Редактор прошелся бы по тексту, и исчезла бы загадочная фраза: «Часто действие героев романов XIX века переносится в современность». Был бы распутан философичный абзац на стр. 31: «Утверждение капиталистической действительности в современном буржуазном искусстве носит противоречивый характер. Это утверждение неизбежно включает и момент отрицания, момент критики, что свидетельствует о том, что мир «низов» и «верхов» изживает себя».
Следует ли это понимать в том смысле, что критика со стороны «сердитых» укрепляет буржуазный строй? («Утверждение включает момент отрицания...») Или что она сама по себе есть знамение внутреннего неблагополучия этого строя и никак не укрепляет его? Понимай как знаешь...
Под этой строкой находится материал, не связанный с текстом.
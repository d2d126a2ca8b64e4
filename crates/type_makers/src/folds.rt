//! The type of `fold`.
ghost use Rattle.std.specs.Prelude.{◌≡◌, false, true, IfOk};
ghost use Rattle.con_terms.specs.Trees as tree;
ghost use Rattle.con_terms.specs.View.{con_tree, kind_tree};
ghost use Rattle.core_terms.specs.Basis as meant;

use crate::made::{
    applied, arrow, arrow_kind, basic_at, empty_row, field_row, guarded, joined, names_kind, poly,
    row_kind, types_kind, unit_con, units_kind, var,
};
use con_terms::{Con, Kind, Sym, copy_kind};
use std::alloc::{AllocError, Global};

/// `{kind}`, of a copy of the kind
fn rows_of(alloc: Global, kind: &Kind) -> Result<Kind, AllocError>
    ensures { IfOk result (λ new. kind_tree new ≡ tree.row_of (kind_tree kind.now)) }
{
    row_kind(alloc, copy_kind(alloc, kind))
}

/// `tf r -> tf ([nm = v] ++ r)`, where these have the numbers 3, 0, 2, 1
fn visit(alloc: Global, kind: &Kind) -> Result<Con, AllocError>
    ensures { IfOk result (λ new. con_tree new ≡ tree.arrow (tree.app (tree.var 3) (tree.var 0))
        (tree.app (tree.var 3) (tree.cat (tree.row (kind_tree kind.now) (tree.pair (tree.var 2)
        (tree.var 1) tree.no_pairs)) (tree.var 0)))) }
{
    let field = field_row(alloc, copy_kind(alloc, kind), var(2), var(1));
    let after = applied(alloc, var(3), joined(alloc, field, var(0)));
    arrow(alloc, applied(alloc, var(3), var(0)), after)
}

/// `nm :: Name -> v :: kind -> r :: {kind} -> [[nm] ~ r] => tf r -> tf ([nm = v] ++ r)`, with `tf`
/// outside
pub fn fold_step_type(alloc: Global, kind: &Kind) -> Result<Con, AllocError>
    ensures { IfOk result (λ new. con_tree new ≡ meant.fold_step_type (kind_tree kind.now)) }
{
    let label = field_row(alloc, units_kind(), var(2), unit_con());
    let body = guarded(alloc, label, var(0), visit(alloc, kind));
    let body = poly(alloc, false, rows_of(alloc, kind), body);
    let body = poly(alloc, false, copy_kind(alloc, kind), body);
    poly(alloc, false, names_kind(), body)
}

/// `r ::: {kind} -> folder r -> tf r`, where `tf` has the number 0 outside
fn walks(alloc: Global, kind: &Kind, folder: Sym) -> Result<Con, AllocError>
    ensures { IfOk result (λ new. con_tree new ≡ tree.poly true (tree.row_of (kind_tree kind.now))
        (tree.arrow (tree.app (tree.basic folder.number) (tree.var 0)) (tree.app (tree.var 1) (tree.var 0)))) }
{
    let walked = basic_at(alloc, folder, var(0));
    let body = arrow(alloc, walked, applied(alloc, var(1), var(0)));
    poly(alloc, true, rows_of(alloc, kind), body)
}

/// The type of `fold` over rows of kind `{kind}`, where the symbol is that of `folder` at the kind:
/// `tf :: ({kind} -> Type) -> step -> tf [] -> r ::: {kind} -> folder r -> tf r`
pub fn fold_type(alloc: Global, kind: &Kind, folder: Sym) -> Result<Con, AllocError>
    ensures { IfOk result (λ new. con_tree new ≡ meant.fold_type (kind_tree kind.now) folder.number) }
{
    let empty = empty_row(alloc, copy_kind(alloc, kind));
    let start = applied(alloc, var(0), empty);
    let body = arrow(alloc, start, walks(alloc, kind, folder));
    let body = arrow(alloc, fold_step_type(alloc, kind), body);
    let result_kind = arrow_kind(alloc, rows_of(alloc, kind), types_kind());
    poly(alloc, false, result_kind, body)
}
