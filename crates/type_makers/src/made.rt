//! Constructors and kinds put together from parts, each of which is an error where memory ended.
//!
//! A part that is an error makes the whole one, so whoever puts a type together asks of no part
//! whether it was made.
ghost use Rattle.std.specs.Prelude.{◌≡◌, IfOk, Ok};
ghost use Rattle.con_terms.specs.Trees as tree;
ghost use Rattle.con_terms.specs.Trees.{Cn, Kd, Prs};
ghost use Rattle.con_terms.specs.View.{con_tree, kind_tree, pairs_tree};
ghost use Rattle.type_makers.specs.Made.{Makes, MakesKind, MakesPair, MakesPairs};

use con_terms::{Con, Kind, Pair, Pairs, Sym};
use std::alloc::{AllocError, Global};

/// Both parts, where both were made.
pub fn both<A: Drop, B: Drop>(
    first: Result<A, AllocError>,
    second: Result<B, AllocError>,
) -> Result<(A, B), AllocError>
    ensures { IfOk result (λ made. (first ≡ Ok made.0) × (second ≡ Ok made.1)) }
{
    match first {
        Err(error) => Err(error),
        Ok(first) => match second {
            Err(error) => Err(error),
            Ok(second) => Ok((first, second)),
        },
    }
}

/// A constructor in a box.
fn boxed(alloc: Global, c: Result<Con, AllocError>) -> Result<Box<Con>, AllocError>
    ensures { (t : Cn) → Makes c t → IfOk result (λ new. con_tree new.value ≡ t) }
{
    match c {
        Ok(c) => Ok(Box::new(alloc, c)?),
        Err(error) => Err(error),
    }
}

/// A kind in a box.
fn boxed_kind(alloc: Global, kind: Result<Kind, AllocError>) -> Result<Box<Kind>, AllocError>
    ensures { (k : Kd) → MakesKind kind k → IfOk result (λ new. kind_tree new.value ≡ k) }
{
    match kind {
        Ok(kind) => Ok(Box::new(alloc, kind)?),
        Err(error) => Err(error),
    }
}

/// What the binder that is so many binders further out binds.
pub fn var(number: u32) -> Result<Con, AllocError>
    ensures { Makes result (tree.var number) }
{
    Ok(Con::Var(number))
}

/// A basic name.
pub fn basic(s: Sym) -> Result<Con, AllocError>
    ensures { Makes result (tree.basic s.number) }
{
    Ok(Con::Basic(s))
}

/// The name of a field.
pub fn label(s: Sym) -> Result<Con, AllocError>
    ensures { Makes result (tree.name s.number) }
{
    Ok(Con::Name(s))
}

/// `()`
pub fn unit_con() -> Result<Con, AllocError>
    ensures { Makes result tree.unit_con }
{
    Ok(Con::UnitCon)
}

/// `Type`
pub fn types_kind() -> Result<Kind, AllocError>
    ensures { MakesKind result tree.types }
{
    Ok(Kind::Types)
}

/// `Unit`
pub fn units_kind() -> Result<Kind, AllocError>
    ensures { MakesKind result tree.units }
{
    Ok(Kind::Units)
}

/// `Name`
pub fn names_kind() -> Result<Kind, AllocError>
    ensures { MakesKind result tree.names }
{
    Ok(Kind::Names)
}

/// `from -> to`
pub fn arrow(
    alloc: Global,
    from: Result<Con, AllocError>,
    to: Result<Con, AllocError>,
) -> Result<Con, AllocError>
    ensures { (a b : Cn) → Makes from a → Makes to b → Makes result (tree.arrow a b) }
{
    match both(boxed(alloc, from), boxed(alloc, to)) {
        Ok((from, to)) => Ok(Con::Arrow(from, to)),
        Err(error) => Err(error),
    }
}

/// `x :: kind -> body`, or `x ::: kind -> body` where it is implicit
pub fn poly(
    alloc: Global,
    implicit: bool,
    kind: Result<Kind, AllocError>,
    body: Result<Con, AllocError>,
) -> Result<Con, AllocError>
    ensures { (k : Kd) (b : Cn) → MakesKind kind k → Makes body b → Makes result (tree.poly implicit k b) }
{
    match both(boxed_kind(alloc, kind), boxed(alloc, body)) {
        Ok((kind, body)) => Ok(Con::Poly(implicit, kind, body)),
        Err(error) => Err(error),
    }
}

/// `[left ~ right] => body`
pub fn guarded(
    alloc: Global,
    left: Result<Con, AllocError>,
    right: Result<Con, AllocError>,
    body: Result<Con, AllocError>,
) -> Result<Con, AllocError>
    ensures { (l r b : Cn) → Makes left l → Makes right r → Makes body b → Makes result (tree.guarded l r b) }
{
    let sides = both(boxed(alloc, left), boxed(alloc, right));
    match both(sides, boxed(alloc, body)) {
        Ok(((left, right), body)) => Ok(Con::Guarded(left, right, body)),
        Err(error) => Err(error),
    }
}

/// `$row`
pub fn record(alloc: Global, row: Result<Con, AllocError>) -> Result<Con, AllocError>
    ensures { (r : Cn) → Makes row r → Makes result (tree.record_of r) }
{
    match boxed(alloc, row) {
        Ok(row) => Ok(Con::Record(row)),
        Err(error) => Err(error),
    }
}

/// `function argument`
pub fn applied(
    alloc: Global,
    function: Result<Con, AllocError>,
    argument: Result<Con, AllocError>,
) -> Result<Con, AllocError>
    ensures { (f a : Cn) → Makes function f → Makes argument a → Makes result (tree.app f a) }
{
    match both(boxed(alloc, function), boxed(alloc, argument)) {
        Ok((function, argument)) => Ok(Con::App(function, argument)),
        Err(error) => Err(error),
    }
}

/// A basic name at one argument.
pub fn basic_at(alloc: Global, s: Sym, argument: Result<Con, AllocError>) -> Result<Con, AllocError>
    ensures { (a : Cn) → Makes argument a → Makes result (tree.app (tree.basic s.number) a) }
{
    applied(alloc, basic(s), argument)
}

/// `left ++ right`
pub fn joined(
    alloc: Global,
    left: Result<Con, AllocError>,
    right: Result<Con, AllocError>,
) -> Result<Con, AllocError>
    ensures { (l r : Cn) → Makes left l → Makes right r → Makes result (tree.cat l r) }
{
    match both(boxed(alloc, left), boxed(alloc, right)) {
        Ok((left, right)) => Ok(Con::Cat(left, right)),
        Err(error) => Err(error),
    }
}

/// `fn x :: kind => body`
pub fn lambda(
    alloc: Global,
    kind: Result<Kind, AllocError>,
    body: Result<Con, AllocError>,
) -> Result<Con, AllocError>
    ensures { (k : Kd) (b : Cn) → MakesKind kind k → Makes body b → Makes result (tree.lambda k b) }
{
    match both(boxed_kind(alloc, kind), boxed(alloc, body)) {
        Ok((kind, body)) => Ok(Con::Lambda(kind, body)),
        Err(error) => Err(error),
    }
}

/// `map`, which takes a function from the first kind to the second
pub fn map_of(
    alloc: Global,
    from: Result<Kind, AllocError>,
    to: Result<Kind, AllocError>,
) -> Result<Con, AllocError>
    ensures { (k l : Kd) → MakesKind from k → MakesKind to l → Makes result (tree.map_of k l) }
{
    match both(boxed_kind(alloc, from), boxed_kind(alloc, to)) {
        Ok((from, to)) => Ok(Con::Map(from, to)),
        Err(error) => Err(error),
    }
}

/// A row literal of these fields, whose values have this kind.
pub fn row(
    alloc: Global,
    kind: Result<Kind, AllocError>,
    fields: Result<Pairs, AllocError>,
) -> Result<Con, AllocError>
    ensures { (k : Kd) (ps : Prs) → MakesKind kind k → MakesPairs fields ps → Makes result (tree.row k ps) }
{
    match both(boxed_kind(alloc, kind), fields) {
        Ok((kind, fields)) => Ok(Con::Row(kind, fields)),
        Err(error) => Err(error),
    }
}

/// No fields.
fn no_fields(alloc: Global) -> Result<Pairs, AllocError>
    ensures { MakesPairs result tree.no_pairs }
{
    Ok(Pairs {
        items: Vec::new(alloc),
    })
}

/// `[]`, whose values would have this kind
pub fn empty_row(alloc: Global, kind: Result<Kind, AllocError>) -> Result<Con, AllocError>
    ensures { (k : Kd) → MakesKind kind k → Makes result (tree.row k tree.no_pairs) }
{
    row(alloc, kind, no_fields(alloc))
}

/// A field.
pub fn field(
    name: Result<Con, AllocError>,
    value: Result<Con, AllocError>,
) -> Result<Pair, AllocError>
    ensures { (n v : Cn) → Makes name n → Makes value v → MakesPair result (n, v) }
{
    match both(name, value) {
        Ok((name, value)) => Ok(Pair { name, value }),
        Err(error) => Err(error),
    }
}

/// One field alone.
fn one_field(alloc: Global, field: Result<Pair, AllocError>) -> Result<Pairs, AllocError>
    ensures { (p : Cn × Cn) → MakesPair field p → MakesPairs result (tree.pair p.0 p.1 tree.no_pairs) }
{
    match field {
        Ok(field) => Ok(Pairs {
            items: vec![in alloc; field]?,
        }),
        Err(error) => Err(error),
    }
}

/// `[name = value]`, where the value has this kind
pub fn field_row(
    alloc: Global,
    kind: Result<Kind, AllocError>,
    name: Result<Con, AllocError>,
    value: Result<Con, AllocError>,
) -> Result<Con, AllocError>
    ensures { (k : Kd) (n v : Cn) → MakesKind kind k → Makes name n → Makes value v
        → Makes result (tree.row k (tree.pair n v tree.no_pairs)) }
{
    row(alloc, kind, one_field(alloc, field(name, value)))
}

/// Two fields.
fn two_fields(
    alloc: Global,
    first: Result<Pair, AllocError>,
    second: Result<Pair, AllocError>,
) -> Result<Pairs, AllocError>
    ensures { (p q : Cn × Cn) → MakesPair first p → MakesPair second q
        → MakesPairs result (tree.pair p.0 p.1 (tree.pair q.0 q.1 tree.no_pairs)) }
{
    match both(first, second) {
        Ok((first, second)) => Ok(Pairs {
            items: vec![in alloc; first, second]?,
        }),
        Err(error) => Err(error),
    }
}

/// `[first = value, second = other]`, where the values have this kind
pub fn two_field_row(
    alloc: Global,
    kind: Result<Kind, AllocError>,
    first: Result<Pair, AllocError>,
    second: Result<Pair, AllocError>,
) -> Result<Con, AllocError>
    ensures { (k : Kd) (p q : Cn × Cn) → MakesKind kind k → MakesPair first p → MakesPair second q
        → Makes result (tree.row k (tree.pair p.0 p.1 (tree.pair q.0 q.1 tree.no_pairs))) }
{
    row(alloc, kind, two_fields(alloc, first, second))
}

/// `{kind}`
pub fn row_kind(alloc: Global, kind: Result<Kind, AllocError>) -> Result<Kind, AllocError>
    ensures { (k : Kd) → MakesKind kind k → MakesKind result (tree.row_of k) }
{
    match boxed_kind(alloc, kind) {
        Ok(kind) => Ok(Kind::Row(kind)),
        Err(error) => Err(error),
    }
}

/// `from -> to`
pub fn arrow_kind(
    alloc: Global,
    from: Result<Kind, AllocError>,
    to: Result<Kind, AllocError>,
) -> Result<Kind, AllocError>
    ensures { (k l : Kd) → MakesKind from k → MakesKind to l → MakesKind result (tree.to k l) }
{
    match both(boxed_kind(alloc, from), boxed_kind(alloc, to)) {
        Ok((from, to)) => Ok(Kind::Arrow(from, to)),
        Err(error) => Err(error),
    }
}
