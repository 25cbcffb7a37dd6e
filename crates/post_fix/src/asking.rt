//! What the fixers of elements want, element by element.
ghost use Rattle.std.specs.Prelude.{◌≡◌, ◌↔◌, ◌<◌, ◌≤◌, ◌+◌, [], ◌∷◌, ◌++◌, not, IsTrue, length, OnOk, IfOk, option_copied, None, false, ◌&&◌, ◌^◌, codes};
ghost use Rattle.std.specs.Prelude.{reverse};
ghost use Rattle.std.specs.List.{list_any, flat_map};
ghost use Rattle.std.specs.Option.{option_map_or};
ghost use Rattle.std.specs.Str.{bytes_eq};
ghost use Rattle.edit_definitions.specs.declared.edit.Edit.TheVariants.{InsertElement, Remove as RemoveEdit, Merge as MergeEdit};
ghost use Rattle.fix_definitions.specs.Wanted.{edit_if, is_named, wanted};
ghost use Rattle.item_definitions.specs.Item.{items_of};
ghost use Rattle.item_definitions.specs.Position.{behind as position_after};
ghost use Rattle.item_definitions.specs.Children.{offset_of};
ghost use Rattle.model_tree.specs.Nodes.{items_at, items_in};
ghost use Rattle.print_definitions.specs.ModelText.{same_attributes};
ghost use Rattle.post_fix.specs.Walked.{AreBelow, is_bare, head_in, are_alike, asked, wanted_from, node_head, root_wanted, IsOfElements};
ghost use Rattle.schema_definitions.specs.Allowed.{Rules};
ghost use Rattle.fix_definitions.specs.Places.{places};

use ck_base::NoMemory;
use ck_base::attributes::Attrs;
use ck_base::name::Name;
use ck_base::path::Path;
use edit_definitions::edit::Edit;
use fix_definitions::stock::StockFixer;
use model_pos::Position;
use model_tree::items::{Items, Node};
use model_tree::text::Head;
use model_tree::tree::Tree;
use std::alloc::Global;

/// The position at an offset in the element at a path.
#[tactic(auto, using(crate::proofs::Same::some_position))]
pub(crate) fn position_in(alloc: Global, path: &Path, offset: u32) -> Position
    requires { length path.now < 65 }
    ensures { result ≡ path.now ++ offset ∷ [] }
{
    let mut at = path.copy();
    at.push(offset);
    match Position::new(alloc, at) {
        Some(position) => position,
        None => unreachable!(),
    }
}

/// Puts last that an empty element comes in at an offset of the element at a path.
pub(crate) fn insert_at(
    path: &Path,
    offset: u32,
    child: &Name,
    out: &mut Vec<Edit>,
) -> Result<(), NoMemory>
    requires { length path.now < 65 }
    ensures { OnOk result (out.new.items ≡ out.old.items ++ InsertElement (path.now ++ offset ∷ []) child.now [] ∷ []) }
{
    let alloc = *out.allocator();
    let name = child.copy()?;
    out.push(Edit::InsertElement {
        at: position_in(alloc, path, offset),
        name,
        attributes: Attrs::new(alloc),
    })?;
    Ok(())
}

/// Whether the two are equal.
fn same(attributes: &Attrs, others: &Attrs) -> bool
    ensures { result ≡ same_attributes attributes.now others.now }
{
    attributes.same(others)
}

/// Whether two elements have this name and equal attributes.
fn are_alike(name: &Name, left: &Head, head: &Head) -> bool
    ensures { result ≡ are_alike name.now left.now head.now }
{
    left.name() == name && head.name() == name && same(left.attrs(), head.attrs())
}

/// Whether a node is an element of this name.
fn is_named(name: &Name, node: &Node) -> bool
    ensures { result ≡ list_any (is_named name.now) (items_at node.now) }
{
    match node {
        Node::Run(_) => false,
        Node::Element(head, _) => head.name() == name,
    }
}

/// Whether some of the items is an element of this name.
pub(crate) fn has_child(name: &Name, items: &Items) -> bool
    ensures { result ≡ list_any (is_named name.now) items.now }
{
    for node in items.nodes() {
        if is_named(name, node) {
            return true;
        }
    }
    false
}

/// Puts last that an element without children gets one.
fn fill(
    parent: &Name,
    child: &Name,
    path: &Path,
    head: &Head,
    children: &Items,
    out: &mut Vec<Edit>,
) -> Result<(), NoMemory>
    requires { length path.now < 65 }
    ensures { OnOk result (out.new.items ≡ out.old.items
        ++ edit_if (bytes_eq head.now.name parent.now && is_bare children.now) (InsertElement (path.now ++ 0 ∷ []) child.now [])) }
{
    if head.name() == parent && children.len() == 0 {
        insert_at(path, 0, child, out)
    } else {
        Ok(())
    }
}

/// Puts last that an element gets a child at its end, unless it has one of its name.
fn require(
    parent: &Name,
    child: &Name,
    path: &Path,
    head: &Head,
    children: &Items,
    out: &mut Vec<Edit>,
) -> Result<(), NoMemory>
    requires short { length path.now < 65 }
    requires few { length children.now < 2 ^ 32 }
    ensures { OnOk result (out.new.items ≡ out.old.items
        ++ edit_if (bytes_eq head.now.name parent.now && not (list_any (is_named child.now) children.now))
        (InsertElement (path.now ++ length children.now ∷ []) child.now [])) }
{
    if head.name() == parent && !has_child(child, children) {
        insert_at(path, children.len() as u32, child, out)
    } else {
        Ok(())
    }
}

/// The position before the item at a path.
fn position_at(alloc: Global, path: &Path) -> Position
    requires { 0 < length path.now }
    ensures { result ≡ path.now }
{
    match Position::new(alloc, path.copy()) {
        Some(position) => position,
        None => unreachable!(),
    }
}

/// Puts last that an element goes into the one before it.
fn join(
    name: &Name,
    path: &Path,
    left: Option<&Head>,
    head: &Head,
    out: &mut Vec<Edit>,
) -> Result<(), NoMemory>
    requires { 0 < length path.now }
    ensures { OnOk result (out.new.items ≡ out.old.items
        ++ edit_if (option_map_or (λ left. are_alike name.now left head.now) (option_copied left.entry) false) (MergeEdit path.now)) }
{
    let Some(left) = left else {
        return Ok(());
    };
    if are_alike(name, left, head) {
        let at = position_at(*out.allocator(), path);
        out.push(Edit::Merge { at })?;
    }
    Ok(())
}

/// The position behind the item at a path.
#[tactic(auto, using(crate::proofs::Same::some_position, crate::proofs::Same::behind_last, crate::proofs::Same::last_fits))]
fn position_behind(alloc: Global, path: &Path) -> Position
    requires some { 0 < length path.now }
    requires few { offset_of path.now + 1 < 2 ^ 32 }
    ensures { result ≡ position_after path.now }
{
    let Some((last, parent)) = path.as_slice().split_last() else {
        unreachable!()
    };
    match Path::from_slice(alloc, parent) {
        Some(parent) => position_in(alloc, &parent, *last + 1),
        None => unreachable!(),
    }
}

/// Puts last that an element without children goes.
fn remove_empty(
    name: &Name,
    path: &Path,
    head: &Head,
    children: &Items,
    out: &mut Vec<Edit>,
) -> Result<(), NoMemory>
    requires some { 0 < length path.now }
    requires few { offset_of path.now + 1 < 2 ^ 32 }
    ensures { OnOk result (out.new.items ≡ out.old.items
        ++ edit_if (bytes_eq head.now.name name.now && is_bare children.now) (RemoveEdit path.now (position_after path.now))) }
{
    if head.name() == name && children.len() == 0 {
        let alloc = *out.allocator();
        let start = position_at(alloc, path);
        let end = position_behind(alloc, path);
        out.push(Edit::Remove { start, end })?;
    }
    Ok(())
}

/// Puts last what a fixer of elements wants of the element at a path, behind an element of this head.
fn ask_element(
    fixer: &StockFixer,
    path: &Path,
    left: Option<&Head>,
    head: &Head,
    children: &Items,
    out: &mut Vec<Edit>,
) -> Result<(), NoMemory>
    requires some { 0 < length path.now }
    requires short { length path.now ≤ 64 }
    requires few { length children.now < 2 ^ 32 }
    requires behind { offset_of path.now + 1 < 2 ^ 32 }
    ensures { OnOk result (out.new.items ≡ out.old.items ++ asked fixer.now path.now (option_copied left.entry) head.now children.now) }
{
    match fixer {
        StockFixer::DropAttributes => Ok(()),
        StockFixer::Fill { parent, child } => fill(parent, child, path, head, children, out),
        StockFixer::JoinNeighbours { name } => join(name, path, left, head, out),
        StockFixer::RemoveEmpty { name } => remove_empty(name, path, head, children, out),
        StockFixer::Require { parent, child } => require(parent, child, path, head, children, out),
        StockFixer::SelectionPlace => Ok(()),
    }
}

/// The head of a node that is an element.
fn head_of(node: &Node) -> Option<&Head>
    ensures { option_copied result ≡ node_head node.now }
{
    match node {
        Node::Run(_) => None,
        Node::Element(head, _) => Some(head),
    }
}

/// Puts last what a fixer of elements wants of the items of the element at a path, and of all that is in them.
#[cycle(asking)]
pub(crate) fn ask_inside(
    fixer: &StockFixer,
    path: &Path,
    items: &Items,
    out: &mut Vec<Edit>,
) -> Result<(), NoMemory>
    requires { AreBelow path.now 0 items.now }
    ensures { OnOk result (out.new.items ≡ out.old.items ++ wanted_from fixer.now path.now 0 None (items_of items.now)) }
{
    let mut offset: u32 = 0;
    let mut left: Option<&Head> = None;
    for node in items.nodes() {
        ask_node(fixer, path, offset, left, node, out)?;
        left = head_of(node);
        offset += node.len() as u32;
    }
    Ok(())
}

/// Puts last what a fixer of elements wants of the items of a node, which begin at an offset of the element at a path, behind an element of this
/// head, and of all that is in them.
#[cycle(asking)]
fn ask_node(
    fixer: &StockFixer,
    path: &Path,
    offset: u32,
    left: Option<&Head>,
    node: &Node,
    out: &mut Vec<Edit>,
) -> Result<(), NoMemory>
    requires { AreBelow path.now offset (items_at node.now) }
    ensures { OnOk result (out.new.items ≡ out.old.items ++ wanted_from fixer.now path.now offset (option_copied left.entry) (items_of (items_at node.now))) }
{
    match node {
        Node::Run(_) => Ok(()),
        Node::Element(head, children) => {
            let mut here = path.copy();
            here.push(offset);
            ask_element(fixer, &here, left, head, children, out)?;
            ask_inside(fixer, &here, children, out)
        }
    }
}

/// Whether a name is the root's.
fn is_root(name: &Name) -> bool
    ensures { result ≡ bytes_eq (codes "$root") name.now }
{
    "$root" == name.as_str()
}

/// Puts last what a fixer of elements wants of the root.
fn ask_root(fixer: &StockFixer, items: &Items, out: &mut Vec<Edit>) -> Result<(), NoMemory>
    requires { length items.now < 2 ^ 32 }
    ensures { OnOk result (out.new.items ≡ out.old.items ++ root_wanted fixer.now items.now) }
{
    let root = Path::new(*out.allocator());
    match fixer {
        StockFixer::DropAttributes => Ok(()),
        StockFixer::Fill { parent, child } => fill_root(parent, child, &root, items, out),
        StockFixer::JoinNeighbours { .. } => Ok(()),
        StockFixer::RemoveEmpty { .. } => Ok(()),
        StockFixer::Require { parent, child } => require_in_root(parent, child, &root, items, out),
        StockFixer::SelectionPlace => Ok(()),
    }
}

/// Puts last that the root gets an element, where it has no items and it is meant.
fn fill_root(
    parent: &Name,
    child: &Name,
    root: &Path,
    items: &Items,
    out: &mut Vec<Edit>,
) -> Result<(), NoMemory>
    requires { root.now ≡ [] }
    ensures { OnOk result (out.new.items ≡ out.old.items
        ++ edit_if (bytes_eq (codes "$root") parent.now && is_bare items.now) (InsertElement (0 ∷ []) child.now [])) }
{
    if is_root(parent) && items.len() == 0 {
        insert_at(root, 0, child, out)
    } else {
        Ok(())
    }
}

/// Puts last that the root gets an element at its end, where it has none of its name and it is meant.
fn require_in_root(
    parent: &Name,
    child: &Name,
    root: &Path,
    items: &Items,
    out: &mut Vec<Edit>,
) -> Result<(), NoMemory>
    requires root { root.now ≡ [] }
    requires few { length items.now < 2 ^ 32 }
    ensures { OnOk result (out.new.items ≡ out.old.items
        ++ edit_if (bytes_eq (codes "$root") parent.now && not (list_any (is_named child.now) items.now))
        (InsertElement (length items.now ∷ []) child.now [])) }
{
    if is_root(parent) && !has_child(child, items) {
        insert_at(root, items.len() as u32, child, out)
    } else {
        Ok(())
    }
}

/// Puts last what a fixer of elements wants of the items of the root, and of all that is in them.
fn ask_items(fixer: &StockFixer, items: &Items, out: &mut Vec<Edit>) -> Result<(), NoMemory>
    requires { AreBelow [] 0 items.now }
    ensures { OnOk result (out.new.items ≡ out.old.items ++ wanted_from fixer.now [] 0 None (items_of items.now)) }
{
    let root = Path::new(*out.allocator());
    ask_inside(fixer, &root, items, out)
}

/// Puts last what a fixer of elements wants of a tree.
#[tactic(auto, using(crate::proofs::Asked::root_few, crate::proofs::Asked::all_below, crate::proofs::Asked::all_asked))]
pub(crate) fn ask_all(fixer: &StockFixer, tree: &Tree, out: &mut Vec<Edit>) -> Result<(), NoMemory>
    requires { IsOfElements fixer.now }
    ensures { OnOk result ((rules : Rules) → out.new.items ≡ out.old.items ++ flat_map (wanted rules fixer.now) (places tree.now)) }
{
    let items = tree.items();
    ask_root(fixer, items, out)?;
    ask_items(fixer, items, out)?;
    Ok(())
}

/// Puts edits last, in the opposite order.
fn push_turned(mut edits: Vec<Edit>, out: &mut Vec<Edit>) -> Result<(), NoMemory>
    ensures { OnOk result (out.new.items ≡ out.old.items ++ reverse edits.items) }
{
    while let Some(edit) = edits.pop() {
        out.push(edit)?;
    }
    Ok(())
}

/// Puts last what a fixer of elements wants of a tree, the last first.
#[tactic(auto, using(crate::proofs::Asked::turned))]
pub(crate) fn ask_backwards(
    fixer: &StockFixer,
    tree: &Tree,
    out: &mut Vec<Edit>,
) -> Result<(), NoMemory>
    requires { IsOfElements fixer.now }
    ensures { OnOk result ((rules : Rules) → out.new.items ≡ out.old.items ++ reverse (flat_map (wanted rules fixer.now) (places tree.now))) }
{
    let mut edits = Vec::new(*out.allocator());
    ask_all(fixer, tree, &mut edits)?;
    push_turned(edits, out)?;
    Ok(())
}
Допустим, все было бы исправлено. Но ведь не по вине корректора пришла на страницы брошюры Г. Пондопуло безответственность, небрежность и не стараниями корректора она могла быть ликвидирована. Даже не будь в ней неприличного обилия ошибок, брошюра осталась бы тем, что она есть: чем-то написанным наспех, кое-как, без уважения к читателю, да и без уважения автора к самому себе» (Соловьева, 1961: 121-122).
Инна Соловьева
* Пондопуло Г.К. Современное кино Запада. М.: Знание, 1961.
Соловьева И. Не по вине корректора // Искусство кино. 1961. № 9. С. 121-122. Нашел в архиве журнала «Искусство кино» за 1961 год киновед Александр Федоров.